Xfce4-screensaver 0.1.9 Is Released With A Critical Security Fix
Xfce4-screensaver has, so far, had a really embarrassing adn very unfortunate bug which allowed anyone to unlock a machine locked with Xfce4-screensaver by connecting a docking station or a few extra monitors. Xfce developer Sean Davis has addressed this major security flaw as well as several other less embarrassing bugs in the latest Xfce4-screensaver release.
Unlocking a machine locked with Xfce's screensaver
xfce4-screensaver has long been a simple matter of turning two monitors on at the exact same time. That makes Xfce4-screensaver versions prior to 0.1.9 segfault and crash - leaving the machine unlocked. This very unfortunate Xfce bug #16102 has been open since October 29th 2019 and we have pointed fingers at it several times before. Xfce developer Sean Davis has finally closed this gaping security hole. He explained that the embarrassingly long delay before this security vulnerability was addressed was due to "real life conflicts" in a brief comment on March 22nd. He did not elaborate and we did not ask for further details since it is likely none of our business.
Xfce4-screensaver 0.1.9 addresses another less serious security related issue as well: Previous versions would lock the screen only after a suspended machine returns from suspend. This new version makes sure that the screen is locked before a machine suspends or hibernates. This prevents a hostile attacker from seeing the machines desktop for 1-2 seconds when it wakes up from a suspended state.
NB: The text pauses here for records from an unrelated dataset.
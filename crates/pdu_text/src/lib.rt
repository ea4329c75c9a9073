//! The texts that programs print: a datagram line by line as `rasta show` prints it, and the lines of an
//! end and of its log. It depends only on the types and codecs of the layers, not on an end.
//!
//! Every writing call returns the writer's error if there is one. The bytes written before it remain
//! written, so the output is then a prefix of the text.
//!
//! Contracts: they describe the text that a call appends, for a writer whose contents are known.
#![tactic(auto)]

mod causes;
mod datagram;
mod disconnect_reasons;
mod hex_text;
mod last_lines;
mod lines;
mod messages;
mod names;
mod pieces;
mod reports;
mod texts;

pub use causes::Cause;
pub use datagram::show;
pub use hex_text::{HexFault, hex_octets, initial_value};
pub use last_lines::{Departure, FinalState, write_ending};
pub use lines::{EndEvent, write_channel, write_happening, write_missed};
pub use messages::show_body;
pub use names::{phase_name, red_cause, side_letter, side_name, state_name, step_cause};
pub use reports::{EndReport, write_refusal, write_report, write_take};
pub use texts::{write_hex, write_octets, write_text};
The complete changelog between xfce4-screensaver 0.1.9 and 0.1.8, released back in August 2018, is as follows:
- Replace deprecated GTimeVal usage
- Rebuild windows on monitor reconfiguration
- Draw overlays during window reconstruction to protect screen
- Do not activate DPMS when screensaver is inactive (bug #16327)
- Better handling of multi-monitor and lid-close events (bug #16102)
- Update LINGUAS (bug #15949)
- Fix decimal properties when running through atof
- Return 1 on lock command failure (bug #15945)
- Rename 'Pictures folder' to 'Slideshow' (bug #15589)
- Raise NameError and TypeError (bug #15830)
- Fix float parsing error (bug #16295)
- Fix inhibitor proxying (bug #16356)
- Fix inhibitor listing in xfce4-screensaver-command (bug #16355)
- Add systemd sleep inhibitor (bug #15929)
- Fix dbus inhibition (bug #16365)
- dbus: Prevent overzealous activation (bug #16365)
The source for xfce4-screensaver 0.1.9 can be acquired from archive.xfce.org. Distributions will, hopefully, add the new versions to their repositories since this is a very security-critical release. Unlocking a machine locked with a previous version is, after all, trivial.